Chromosome-length haplotype determination from Hi-C and external reference panels
refLinker resolves complete chromosomal haplotypes using Hi-C data and statistical phasing methods. For detailed installation instructions, see https://github.com/rwtourdot/mlinker.
refLinker performs haplotype refinement on an initial haplotype "guess," here, the statistical phasing haplotype generated by EAGLE2 (https://alkesgroup.broadinstitute.org/Eagle/).
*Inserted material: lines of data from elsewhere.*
//! The command `resubmit`: submits the refused notices of a journal's folder again, also while its
//! daemon runs. It takes their file away, so that the daemon begins a new one, and keeps beside it
//! how many are settled: so a later run goes on after one that was killed, or that some notices were
//! put off by. Implements noticed-journal(5), "REFUSED".
use crate::arguments::{owned, site_of, text_of};
use crate::done_file::DoneFile;
use crate::hand_in_command::{GIVE_UP, HandInTerms, print_fault, submit_outbox};
use crate::journal_files::path_in;
use crate::postfix_values::server_of;
use crate::refused_file::{RefusedPlace, lock_at};
use crate::start_error::StartError;
use clap::ArgMatches;
use dsn_journal::sync_folder;
use dsn_report::Site;
use dsn_text::MtaName;
use std::alloc::Global;
use std::fs::File;
use std::io::ErrorKind;
use std::{fs, io};

/// What `resubmit` is given.
#[derive(Drop)]
pub(crate) struct ResubmitArguments {
    /// The folder of the journal.
    folder: String,
    /// The site that the host names.
    site: Site,
    terms: HandInTerms,
}

impl ResubmitArguments {
    /// What the arguments say.
    pub(crate) fn of(
        alloc: Global,
        given: &ArgMatches<'_>,
    ) -> Result<ResubmitArguments, StartError> {
        Ok(ResubmitArguments {
            folder: owned(alloc, text_of(given, "FOLDER"))?,
            site: site_of(alloc, text_of(given, "HOST"))?,
            terms: HandInTerms {
                server: server_of(alloc, text_of(given, "HAND-IN"))?,
                give_up: GIVE_UP,
            },
        })
    }
}

/// The files of notices that are submitted again.
#[derive(Drop)]
struct ResubmitFiles {
    /// What was the file of refused notices.
    taken: String,
    /// How many of them are settled.
    done: String,
    /// The file of refused notices, now another one.
    refused: String,
}

/// Submits the refused notices of the folder again. Returns the status: 0 if all are settled, and if
/// there are none.
pub(crate) fn run_resubmit(
    rt: &HostRuntime,
    arguments: ResubmitArguments,
) -> Result<u8, StartError> {
    let ResubmitArguments {
        folder,
        site,
        terms,
    } = arguments;
    let Ok(host) = MtaName::new(rt.alloc(), site.host()) else {
        return Err(StartError::NoMemory);
    };
    match resubmit(rt, &folder, host, &terms) {
        Ok(submitted) => submitted,
        Err(error) if error.kind() == ErrorKind::OutOfMemory => Err(StartError::NoMemory),
        Err(error) => Ok(print_fault(rt, &folder, &error)),
    }
}

/// Submits the refused notices of a folder again. Returns the status, or an error of the files.
fn resubmit(
    rt: &HostRuntime,
    folder: &str,
    host: MtaName,
    terms: &HandInTerms,
) -> io::Result<Result<u8, StartError>> {
    let files = ResubmitFiles::in_folder(rt, folder)?;
    fs::metadata(rt, folder)?;
    let Some(_lock) = files.take(rt)? else {
        return Ok(Ok(0));
    };
    let mut text = fs::read(rt, &files.taken)?;
    text.extend_from_slice(b"QUIT\r\n")?;
    let done = DoneFile::open(rt, Some(files.done.as_str()))?;
    let refused = RefusedPlace::open(rt, &files.refused)?;
    let submitted = submit_outbox(rt, terms, host, done, refused, &text);
    if matches!(submitted, Ok(0)) {
        fs::remove_file(rt, &files.taken)?;
        remove_if_there(rt, &files.done)?;
        sync_folder(rt, &files.taken)?;
    }
    Ok(submitted)
}

impl ResubmitFiles {
    /// The files in this folder.
    fn in_folder(rt: &HostRuntime, folder: &str) -> io::Result<ResubmitFiles> {
        Ok(ResubmitFiles {
            taken: path_in(rt, folder, "resubmit")?,
            done: path_in(rt, folder, "resubmit.done")?,
            refused: path_in(rt, folder, "refused")?,
        })
    }

    /// Takes the notices that an earlier run left, or the file of refused ones, and locks them.
    /// Returns `None` if there are none, and an error of the kind `TimedOut` if another run has them.
    fn take(&self, rt: &HostRuntime) -> io::Result<Option<File>> {
        if let Some(lock) = lock_if_there(rt, &self.taken)? {
            return Ok(Some(lock));
        }
        let Some(lock) = lock_if_there(rt, &self.refused)? else {
            return Ok(None);
        };
        if lock.metadata()?.len() == 0 {
            return Ok(None);
        }
        if fs::exists(rt, &self.taken)? {
            return Err(io::Error::from(ErrorKind::TimedOut));
        }
        // The mark of other notices must not be found beside these, also after a crash.
        remove_if_there(rt, &self.done)?;
        sync_folder(rt, &self.done)?;
        fs::rename(rt, &self.refused, &self.taken)?;
        sync_folder(rt, &self.taken)?;
        Ok(Some(lock))
    }
}

/// Locks the file at a path, if there is one.
fn lock_if_there(rt: &HostRuntime, path: &str) -> io::Result<Option<File>> {
    match lock_at(rt, path, false) {
        Ok(lock) => Ok(Some(lock)),
        Err(error) if error.kind() == ErrorKind::NotFound => Ok(None),
        Err(error) => Err(error),
    }
}

/// Removes the file at a path, if there is one.
fn remove_if_there(rt: &HostRuntime, path: &str) -> io::Result<()> {
    match fs::remove_file(rt, path) {
        Err(error) if error.kind() != ErrorKind::NotFound => Err(error),
        _ => Ok(()),
    }
}
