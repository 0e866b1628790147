//! The mail server of a run under a watch, which hears why a connection wasn't made.
use dsn_smtp::{Connect, HandInFault, MailConnection, MailServer};
use noticed_lib::Watch;

/// A mail server whose watch hears of each connection that failed.
#[derive(Drop)]
pub(crate) struct WatchedServer<'a, H> {
    pub(crate) server: MailServer<'a>,
    pub(crate) watch: &'a H,
}

impl<H: Watch> Connect<MailConnection> for WatchedServer<'_, H> {
    ghost gives = { λ _ _ _. Unit {0} };

    fn connect(&mut self) -> Result<MailConnection, HandInFault> {
        let connected = self.server.connect();
        if let Some(error) = self.server.unconnected.take() {
            self.watch.server_unreached(&error);
        }
        connected
    }
}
Starting from a statistical phasing haplotype, {statistical haplotype}.vcf.gz
and aligned Hi-C reads, {Hi-C reads}.bam
, extracts Hi-C links between variant genotypes for a single chromosome with the following command:
linker extract -v {statistical haplotype}.vcf.gz -i {Hi-C reads}.bam -n {sample name} -e hic -c {chrom}
This generates map from reads to variants, written to the file graph_variant_{sample name}_{chrom}.dat
Chromosome-length haplotype inference is then performed using the reads-to-variants map and statistical phasing haplotype with the following command:
linker pop -v {statistical haplotype}.vcf.gz -g graph_variant_{sample name}_{chrom}.dat -c {chrom} -e -10.0 -p 0.999
Where the arguments -e
and -p
specify the block-flipping penalty and linkage pruning cut-offs respectively. reflinker pop
writes whole-chromosome haplotype to the file pop_hap_solution_{sample name}_{chrom}.dat
, where column 1 corresponds to variant position, column 4 corresponds to refLinker haplotype, and column 5 corresponds to the initial (e.g. EAGLE2) haplotype assignment.
The python script eagle2_recover.py
calculates the haplotype linkage between common, unlinked variants omitted from the refLinker Hi-C scaffold, based on their EAGLE2 linkage to the closest linked variant within 5 kb.